Picture booking a holiday that needs a flight, a hotel, and a rental car — three separate companies, any of which might be slow, fail, or quietly drop your request. A good travel agent doesn't just fire off three bookings and hope. They track each one, chase the ones that don't confirm, and if the hotel falls through after the flight is booked, they sort out a fix rather than leaving you stranded.
The Scheduler Agent Supervisor pattern builds that diligent travel agent into your system. It coordinates a sequence of distributed steps, keeps durable track of how each one is going, and — crucially — has a dedicated watcher whose job is to notice when a step has gone wrong and put things right.
The problem
A single business action often spans several remote services, and any of them can fail in messy ways: time out, return an error, succeed but never send back a confirmation, or just hang. In a distributed system these aren't edge cases — they're routine. If you simply call each step in turn with no memory of progress, a crash halfway through leaves the work in an unknown, half-finished state with no one responsible for cleaning it up.
Worse, transient failures and permanent failures look the same in the moment. A naive flow either gives up too early on a blip or retries forever on something that will never succeed. What's missing is something that remembers the intended outcome of every step, compares it to reality, and actively shepherds stalled work toward completion or a clean rollback.
- CallerFires each step in turn with no durable memory of progress. If it crashes mid-flow, the work is left in an unknown, half-finished state.
- Hung stepStep 2 times out or never returns a confirmation. With no watchdog, nothing detects the stall and nothing drives a retry or rollback.
- Stranded stepStep 3 never runs because step 2 never completed. The workflow is stuck half-done with no one responsible for cleaning it up.
How it works
The pattern splits responsibilities across three roles. The scheduler starts the workflow, breaks it into steps, and writes the whole plan plus each step's status to a durable state store — so progress survives a crash. Each step is carried out by an agent: an isolated worker that talks to one remote service and reports back, shielding the rest of the system from that service's quirks.
The star is the supervisor. It periodically reads the state store looking for steps that are stuck, timed out, or failed.
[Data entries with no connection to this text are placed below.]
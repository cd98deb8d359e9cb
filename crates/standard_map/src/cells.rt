// The images of the cells, from those of the shifts of closed walks.
ghost use Rattle.std.specs.Prelude.{◌≡◌, ◌≢◌, ◌≤◌, ◌*◌, ◌^◌, pos, neg_ℤ, unsigned_abs};
ghost use Rattle.integers.specs.Bases.{Base, base_sum};
ghost use Rattle.integers.specs.Vectors.{Vector, vector, plus, times, cross, triple_product, IsWithin};
ghost use Rattle.periodic_net.specs.Limits.{most_closed};
ghost use Rattle.standard_map.specs.CellBounds.{most_turn, most_minor, most_cell, most_multiple, Carries};

use crate::period::Cells;
use vecdim::Triple;

// A vector, taken so often.
fn multiple(v: &Triple, k: i128) -> Triple
    requires { IsWithin most_multiple (times k v.now) }
    ensures { result ≡ times k v.now }
{
    v.times(k)
}

// The sum of three such vectors.
fn sum_of_three(u: &Triple, v: &Triple, w: &Triple) -> Triple
    requires first { IsWithin most_multiple u.now }
    requires second { IsWithin most_multiple v.now }
    requires third { IsWithin most_multiple w.now }
    ensures { result ≡ plus u.now (plus v.now w.now) }
{
    u.plus(&v.plus(w))
}

impl Cells {
    ghost use Rattle.std.specs.Prelude.{◌≡◌};
    ghost use Rattle.integers.specs.Bases.{base_sum};
    ghost use Rattle.standard_map.specs.CellBounds.{HaveRoom};

    /// The sum of the vectors, each taken as often as a part of `k` says.
    pub fn sum(&self, k: &Triple) -> Triple
        requires { HaveRoom self.now k.now }
        ensures { result ≡ base_sum self.now k.now }
    {
        let first = multiple(&self.first, k.x);
        let second = multiple(&self.second, k.y);
        let third = multiple(&self.third, k.z);
        sum_of_three(&first, &second, &third)
    }
}

// The sum of these vectors, along x, y and z.
fn along(images: &Cells, x: i128, y: i128, z: i128) -> Triple
    requires first { IsWithin most_turn (images.now).first }
    requires second { IsWithin most_turn (images.now).second }
    requires third { IsWithin most_turn (images.now).third }
    requires x { unsigned_abs x ≤ most_minor }
    requires y { unsigned_abs y ≤ most_minor }
    requires z { unsigned_abs z ≤ most_minor }
    ensures value { result ≡ base_sum images.now (vector x y z) }
    ensures within { IsWithin most_cell result }
{
    images.sum(&Triple { x, y, z })
}

// The cross products of two shifts each.
fn minors(shifts: &Cells) -> Cells
    requires first { IsWithin most_closed (shifts.now).first }
    requires second { IsWithin most_closed (shifts.now).second }
    requires third { IsWithin most_closed (shifts.now).third }
    ensures first { result.first ≡ cross (shifts.now).second (shifts.now).third }
    ensures second { result.second ≡ cross (shifts.now).third (shifts.now).first }
    ensures third { result.third ≡ cross (shifts.now).first (shifts.now).second }
    ensures within_first { IsWithin most_minor result.first }
    ensures within_second { IsWithin most_minor result.second }
    ensures within_third { IsWithin most_minor result.third }
{
    Cells {
        first: shifts.second.cross(&shifts.third),
        second: shifts.third.cross(&shifts.first),
        third: shifts.first.cross(&shifts.second),
    }
}

// The sum of the images along x, y and z, divided by a product of the shifts.
fn column(images: &Cells, x: i128, y: i128, z: i128, product: i128) -> Triple
    requires first { IsWithin most_turn (images.now).first }
    requires second { IsWithin most_turn (images.now).second }
    requires third { IsWithin most_turn (images.now).third }
    requires x { unsigned_abs x ≤ most_minor }
    requires y { unsigned_abs y ≤ most_minor }
    requires z { unsigned_abs z ≤ most_minor }
    requires some { product ≢ pos 0 }
    requires small { unsigned_abs product ≤ 2 ^ 126 }
    requires divides { (w : Vector) × (base_sum images.now (vector x y z) ≡ times product w) }
    ensures value { base_sum images.now (vector x y z) ≡ times product result }
    ensures within { IsWithin most_cell result }
{
    along(images, x, y, z).divided_by(product)
}

// The triple product of shifts, from their minors.
fn product_of(minors: &Cells, shifts: &Cells) -> i128
    requires minor { IsWithin most_minor (minors.now).first }
    requires shift { IsWithin most_closed (shifts.now).first }
    requires is { (minors.now).first ≡ cross (shifts.now).second (shifts.now).third }
    ensures value { let s = shifts.now in result ≡ triple_product s.first s.second s.third }
    ensures small { unsigned_abs result ≤ 2 ^ 126 }
{
    minors.first.dot(&shifts.first)
}

/// The images of the cells, from those of the shifts of closed walks, which are independent.
pub fn cells_of(shifts: &Cells, images: &Cells) -> Cells
    requires first { IsWithin most_closed (shifts.now).first }
    requires second { IsWithin most_closed (shifts.now).second }
    requires third { IsWithin most_closed (shifts.now).third }
    requires first_image { IsWithin most_turn (images.now).first }
    requires second_image { IsWithin most_turn (images.now).second }
    requires third_image { IsWithin most_turn (images.now).third }
    requires some { let s = shifts.now in triple_product s.first s.second s.third ≢ pos 0 }
    requires carried { (C : Base) × Carries C shifts.now images.now }
    // What carries the shifts to their images is this, and nothing else.
    ensures value { (C : Base) → Carries C shifts.now images.now → result ≡ C }
    // Each image of a unit cell has parts up to the limit.
    ensures within_first { IsWithin most_cell result.first }
    ensures within_second { IsWithin most_cell result.second }
    ensures within_third { IsWithin most_cell result.third }
{
    let m = minors(shifts);
    let product = product_of(&m, shifts);
    let (a, b, c) = (&m.first, &m.second, &m.third);
    Cells {
        first: column(images, a.x, b.x, c.x, product),
        second: column(images, a.y, b.y, c.y, product),
        third: column(images, a.z, b.z, c.z, product),
    }
}
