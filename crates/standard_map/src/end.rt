// The end of a walk from an origin, and the image of that end.
ghost use Rattle.std.specs.Prelude.{◌≡◌, false, IsTrue};
ghost use Rattle.standard_map.specs.Search.{HasEnd, HasNoEnd};

use std::marker::Model;
use vecdim::{Shift, Vect};

/// A vertex of a quotient graph, the shift of a walk to it from the origin, the vertex over which
/// the image of the walk's end stands, and how far from the other origin it stands.
#[derive(Clone, Copy, Debug)]
pub struct End<const D: usize> {
    pub over: u32,
    pub shift: Shift<D>,
    pub image: u32,
    pub at: Vect<D>,
}

impl<const D: usize> Model for End<D> {
    ghost use Rattle.standard_map.specs.Ends.{End as NetEnd};

    ghost Value = { NetEnd };

    ghost view = { λ e. record { over = e.over; shift = e.shift; image = e.image; at = e.at } };

    ghost inverse = { λ e. record { over = e.over; shift = e.shift; image = e.image; at = e.at } };
}

/// Whether one of these ends is over a vertex.
pub fn is_found<const D: usize>(ends: &[End<D>], u: u32) -> bool
    ensures yes { IsTrue result → HasEnd ends.now u }
    ensures no { result ≡ false → HasNoEnd ends.now u }
{
    for end in ends {
        if end.over == u {
            return true;
        }
    }
    false
}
For a transient failure it asks the scheduler to retry the step; for one that can't be completed, it triggers compensation to undo the steps already done and leave the system consistent. Because every status is recorded, the supervisor can pick up after any interruption. The diagram below shows the scheduler launching steps, agents executing them, and the supervisor watching the state store to drive recovery.
- SchedulerStarts the workflow, dispatches each step to an agent, and records the plan and progress in the state store.
- AgentAn isolated worker that performs one step against a remote service and reports its status back to the state store.
- SupervisorWatches the state store for stuck or failed steps and asks the scheduler to retry them or compensate.
- State storeDurable record of every step's intended and current state, so progress survives crashes and recovery can resume.
Make every step idempotent and re-runnable. The supervisor's recovery only works safely if retrying a step that may have partly succeeded doesn't double-charge or duplicate. Design agents so that running the same step twice lands you in the same place as running it once.
When to use it
Reach for this pattern when a workflow spans multiple unreliable remote services and you need it to either finish completely or unwind cleanly — order fulfilment, provisioning across cloud resources, multi-party financial transactions. It's closely related to the saga: both coordinate distributed steps and lean on compensating transactions to roll back. The distinguishing feature here is the explicit supervisor — a built-in watchdog that turns ordinary retry and recovery into a continuous, self-healing process rather than something you bolt on per call.
The cost is real complexity: a durable state store, a separate supervisor process, and the discipline of idempotent steps. For a quick local transaction or a workflow where partial failure is harmless, that machinery is overkill. But for long-running, high-stakes processes that absolutely must not be left half-done, the supervisor's tireless watching is exactly what keeps the system honest.